1. The rod alkali forming machine is characterized by comprising a base and upright posts, wherein at least two upright posts are vertically fixed at the top of the base; a bearing platform, a forming platform, a movable platform and a connecting frame are sequentially arranged between the stand columns from bottom to top, the bearing platform and the connecting frame are fixedly connected with the stand columns, and the forming platform and the movable platform are arranged between the stand columns in a vertically sliding manner; a plurality of forming holes are vertically formed in the forming platform, and a plurality of supporting rods which correspond to the forming holes one by one are fixed at the top of the bearing platform; a lower lifting drive is fixed between the top of the base and the forming platform, and the forming holes are sleeved outside the corresponding supporting rods in a vertically sliding manner; a plurality of extrusion rods which are in one-to-one correspondence with the forming holes are fixed at the bottom end of the movable platform, an ascending and descending drive is fixed between the middle part of the connecting frame and the movable platform, and the extrusion rods are inserted in the corresponding forming holes in an up-and-down sliding manner; a charging platform is horizontally fixed on one side of the forming platform, a material frame is arranged between the charging platform and the top of the forming platform in a sliding manner, and the material frame is movably arranged outside the top ends of the forming holes; and a material distribution drive for driving the material frame to horizontally move is fixed on the material loading platform.

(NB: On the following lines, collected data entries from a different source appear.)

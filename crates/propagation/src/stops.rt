//! The stops of a trip.
ghost use Rattle.std.specs.HashMap.{get_by};
ghost use Rattle.std.specs.Prelude.{◌≡◌, ◌<◌, ◌^◌, ◌==◌, All, IfOk, IfSome, Some, length, slice_get, bytes_eq};
ghost use Rattle.timetable.specs.Lookups.{IsStop, IsTrip, IsTripOf, tables_in};
ghost use Rattle.timetable.specs.Maps.{Text};
ghost use Rattle.timetable.specs.Times.{AreRising};

use crate::visit::Visit;
use feed_values::StopTimeUpdate;
use std::alloc::{AllocError, Global};
use std::collections::HashMap;
use timetable::{StopTime, Timetable, TripNo, place_of_sequence};

/// The stops of a trip, by rising `stop_sequence`. Their ids are those of the timetable.
#[derive(Drop)]
pub(crate) struct Stops<'a> {
    table: &'a Timetable,
    times: &'a [StopTime],
    ghost have_ids: { All (λ time. IsStop table.now time.stop) times.now },
    ghost rising: { AreRising times.now },
    ghost few: { length times.now < 2 ^ 63 },
}

impl<'a> Stops<'a> {
    ghost use Rattle.propagation.specs.Stops.{AreReached, IsFirstFrom, names, stop_in, stops_in, stops_of};

    /// The stops of a trip.
    pub fn new(table: &'a Timetable, trip: TripNo) -> Stops<'a>
        requires { IsTrip table.now trip }
        ensures { (id : Text) → IsTripOf table.now trip id → stops_in result ≡ stops_of (tables_in table.now) id }
    {
        let times = table.stop_times(trip);
        Stops { table, times }
    }

    pub fn len(&self) -> usize
        ensures { result ≡ length (stops_in self.now) }
    {
        self.times.len()
    }

    /// The visit at a place.
    pub fn visit(&self, place: usize) -> Visit<'a>
        requires { place < length (stops_in self.now) }
        ensures { slice_get (stops_in self.now) place ≡ Some (stop_in result) }
    {
        let time = self.times[place];
        Visit {
            stop: self.table.stop_text(time.stop),
            sequence: time.sequence,
            arrival: time.arrival.get(),
            departure: time.departure.get(),
        }
    }

    /// The last place of each stop id.
    pub fn last_places(&self, alloc: Global) -> Result<HashMap<&'a str, usize>, AllocError>
        ensures { IfOk result (λ last. AreReached (stops_in self.now) (λ id. get_by (λ k. bytes_eq id k.now) last)) }
    {
        let mut last = HashMap::new(alloc);
        for place in 0..self.len() {
            last.insert(self.visit(place).stop, place)?;
        }
        Ok(last)
    }

    /// The first stop from a place on that an update names.
    pub fn first_named(
        &self,
        last: &HashMap<&'a str, usize>,
        update: &StopTimeUpdate,
        from: usize,
    ) -> Option<usize>
        requires { AreReached (stops_in self.now) (λ id. get_by (λ k. bytes_eq id k.now) last.now) }
        ensures first { IsFirstFrom (names update.now) (stops_in self.now) from result }
        ensures few { IfSome result (λ place. place < 2 ^ 63) }
    {
        match (update.stop_sequence, &update.stop_id) {
            (Some(sequence), _) => self.with_sequence(sequence, from),
            (None, Some(id)) => self.with_id(last, id.as_str(), from),
            (None, None) => None,
        }
    }

    // The stop of a sequence, where it stands at or after a place.
    fn with_sequence(&self, sequence: u32, from: usize) -> Option<usize>
        ensures { IsFirstFrom (λ stop. stop.sequence == sequence) (stops_in self.now) from result }
    {
        match place_of_sequence(self.times, sequence) {
            Ok(place) => if place >= from { Some(place) } else { None },
            Err(_) => None,
        }
    }

    // The first stop of an id from a place on. Stops are gone through only up to one that is found.
    fn with_id(&self, last: &HashMap<&'a str, usize>, id: &str, from: usize) -> Option<usize>
        requires { AreReached (stops_in self.now) (λ id. get_by (λ k. bytes_eq id k.now) last.now) }
        ensures { IsFirstFrom (λ stop. bytes_eq id.now stop.stop) (stops_in self.now) from result }
    {
        match last.get(id) {
            Some(last) => if *last >= from {
                self.scan(id, from)
            } else {
                None
            },
            None => None,
        }
    }

    fn scan(&self, id: &str, from: usize) -> Option<usize>
        ensures { IsFirstFrom (λ stop. bytes_eq id.now stop.stop) (stops_in self.now) from result }
    {
        for place in from..self.len() {
            if id == self.visit(place).stop {
                return Some(place);
            }
        }
        None
    }
}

2. The rod soda molding machine according to claim 1, wherein a crusher is arranged above the charging platform, the crusher is arranged on the ground through a support, a blanking pipe is connected to a discharge port at the bottom of the crusher, and the top end of the material frame is movably butted with the bottom end of the blanking pipe.

3. The rod soda molding machine according to claim 2, wherein a material level sensor is installed on the top side wall of the material frame, the material level sensor is connected with an input end of a controller, and an output end of the controller is connected with a driving of the crusher and a discharging screw of the crusher.

4. A rod alkali forming machine according to any one of claims 1 to 3 wherein a chute is provided on the outside of the upright below the end of travel of the frame, the chute being provided below the forming platform.

5. The rod alkali forming machine according to claim 4, wherein the chute bottom is a sieve plate, a collection box is fixed at the bottom end of the chute, and the bottom of the collection box is communicated with an inlet pipeline of a bag-type dust remover through a pipeline.

6. The machine of claim 1, 2, 3 or 5, wherein a collecting hood is horizontally fixed on one side of the top end of the forming platform, and the collecting hood is arranged towards the forming platform; the outlet of the collecting cover is communicated with the inlet pipeline of the bag-type dust collector.

7. The rod alkali forming machine according to claim 4, wherein a collecting hood is horizontally fixed on one side of the top end of the forming platform, and the collecting hood is arranged towards the forming platform; the outlet of the collecting cover is communicated with the inlet pipeline of the bag-type dust collector.

8. The rod alkali forming machine of claim 1, 2, 3, 5 or 7 wherein the upper lift drive, the lower lift drive and the cloth drive are hydraulic cylinders.

9. A rod alkali forming machine according to claim 1, 2, 3, 5 or 7 wherein the lower lift drive is provided between the base and the forming platform on either side of the loading platform.